• _WORK TO COMPLETE_: Work through the material below line by line and say how many lines include the word "CastWord". Only the number, please.
RECORDS FOR THE EXERCISE START
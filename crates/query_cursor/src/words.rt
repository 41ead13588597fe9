//! What words and signs stand for, and which of them begin a part of the grammar.

ghost use Rattle.std.specs.Prelude.{◌≡◌};
ghost use Rattle.grammar_rules.specs.Lexemes.{begins_with};
ghost use Rattle.query_grammar.specs.Lists.{name_symbols};
ghost use Rattle.query_grammar.specs.ExpressionGrammar.{rel_of, sum_sign, prod_sign, cast_word, rel_symbols, sum_symbols, prod_symbols, cast_symbols};
ghost use Rattle.query_grammar.specs.Reading.{expr_symbols, args_symbols, negatable_symbols, rest_symbols, alias_symbols, side_symbols, join_symbols};

use crate::cursor::Parser;
use query_tokens::{Lexeme, Symbol};
use query_tree::{CastWord, ProdSign, Rel, SumSign};

/// The comparison of a sign.
pub fn rel_of(lexeme: &Lexeme<'_>) -> Rel
    ensures { result ≡ rel_of lexeme.now }
{
    let sign = lexeme.symbol();
    if sign.is(Symbol::Equal) {
        Rel::Eq
    } else if sign.is(Symbol::Unequal) {
        Rel::Ne
    } else if sign.is(Symbol::Less) {
        Rel::Lt
    } else if sign.is(Symbol::LessEqual) {
        Rel::Le
    } else if sign.is(Symbol::Greater) {
        Rel::Gt
    } else {
        Rel::Ge
    }
}

/// The sign before a further part of a sum.
pub fn sum_sign(lexeme: &Lexeme<'_>) -> SumSign
    ensures { result ≡ sum_sign lexeme.now }
{
    if lexeme.symbol().is(Symbol::Plus) {
        SumSign::Plus
    } else {
        SumSign::Minus
    }
}

/// The sign before a further part of a product.
pub fn prod_sign(lexeme: &Lexeme<'_>) -> ProdSign
    ensures { result ≡ prod_sign lexeme.now }
{
    let sign = lexeme.symbol();
    if sign.is(Symbol::Star) {
        ProdSign::Star
    } else if sign.is(Symbol::Slash) {
        ProdSign::Slash
    } else {
        ProdSign::Percent
    }
}

/// The word of a cast.
pub fn cast_word(lexeme: &Lexeme<'_>) -> CastWord
    ensures { result ≡ cast_word lexeme.now }
{
    if lexeme.symbol().is(Symbol::Cast) {
        CastWord::Cast
    } else {
        CastWord::TryCast
    }
}

impl<'t, 'l> Parser<'t, 'l> {
    pub fn begins_name(&self) -> bool
        ensures { result ≡ begins_with name_symbols self.now }
    {
        self.is_one_of(&[Symbol::Word, Symbol::Bracketed])
    }

    pub fn begins_cast(&self) -> bool
        ensures { result ≡ begins_with cast_symbols self.now }
    {
        self.is_one_of(&[Symbol::Cast, Symbol::TryCast])
    }

    pub fn begins_sum_more(&self) -> bool
        ensures { result ≡ begins_with sum_symbols self.now }
    {
        self.is_one_of(&[Symbol::Plus, Symbol::Minus])
    }

    pub fn begins_prod_more(&self) -> bool
        ensures { result ≡ begins_with prod_symbols self.now }
    {
        self.is_one_of(&[Symbol::Star, Symbol::Slash, Symbol::Percent])
    }

    pub fn begins_compare(&self) -> bool
        ensures { result ≡ begins_with rel_symbols self.now }
    {
        self.is_one_of(&[
            Symbol::Equal,
            Symbol::Unequal,
            Symbol::Less,
            Symbol::LessEqual,
            Symbol::Greater,
            Symbol::GreaterEqual,
        ])
    }

    pub fn begins_negatable(&self) -> bool
        ensures { result ≡ begins_with negatable_symbols self.now }
    {
        self.is_one_of(&[Symbol::Not, Symbol::Between, Symbol::In, Symbol::Like])
    }

    /// Whether what may follow a sum follows.
    pub fn begins_rest(&self) -> bool
        ensures { result ≡ begins_with rest_symbols self.now }
    {
        self.is_one_of(&[
            Symbol::Equal,
            Symbol::Unequal,
            Symbol::Less,
            Symbol::LessEqual,
            Symbol::Greater,
            Symbol::GreaterEqual,
            Symbol::Not,
            Symbol::Between,
            Symbol::In,
            Symbol::Like,
            Symbol::Is,
        ])
    }

    pub fn begins_expr(&self) -> bool
        ensures { result ≡ begins_with expr_symbols self.now }
    {
        self.is_one_of(&[
            Symbol::Not,
            Symbol::Minus,
            Symbol::Number,
            Symbol::Text,
            Symbol::Null,
            Symbol::Word,
            Symbol::Bracketed,
            Symbol::Cast,
            Symbol::TryCast,
            Symbol::Case,
            Symbol::Open,
        ])
    }

    pub fn begins_arguments(&self) -> bool
        ensures { result ≡ begins_with args_symbols self.now }
    {
        self.is_one_of(&[
            Symbol::Star,
            Symbol::Distinct,
            Symbol::Not,
            Symbol::Minus,
            Symbol::Number,
            Symbol::Text,
            Symbol::Null,
            Symbol::Word,
            Symbol::Bracketed,
            Symbol::Cast,
            Symbol::TryCast,
            Symbol::Case,
            Symbol::Open,
        ])
    }

    pub fn begins_alias(&self) -> bool
        ensures { result ≡ begins_with alias_symbols self.now }
    {
        self.is_one_of(&[Symbol::As, Symbol::Word, Symbol::Bracketed])
    }

    pub fn begins_side(&self) -> bool
        ensures { result ≡ begins_with side_symbols self.now }
    {
        self.is_one_of(&[Symbol::Inner, Symbol::Left])
    }

    pub fn begins_join(&self) -> bool
        ensures { result ≡ begins_with join_symbols self.now }
    {
        self.is_one_of(&[Symbol::Inner, Symbol::Left, Symbol::Join])
    }
}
RECORDS FOR THE EXERCISE END
• _RESPONSE_: 4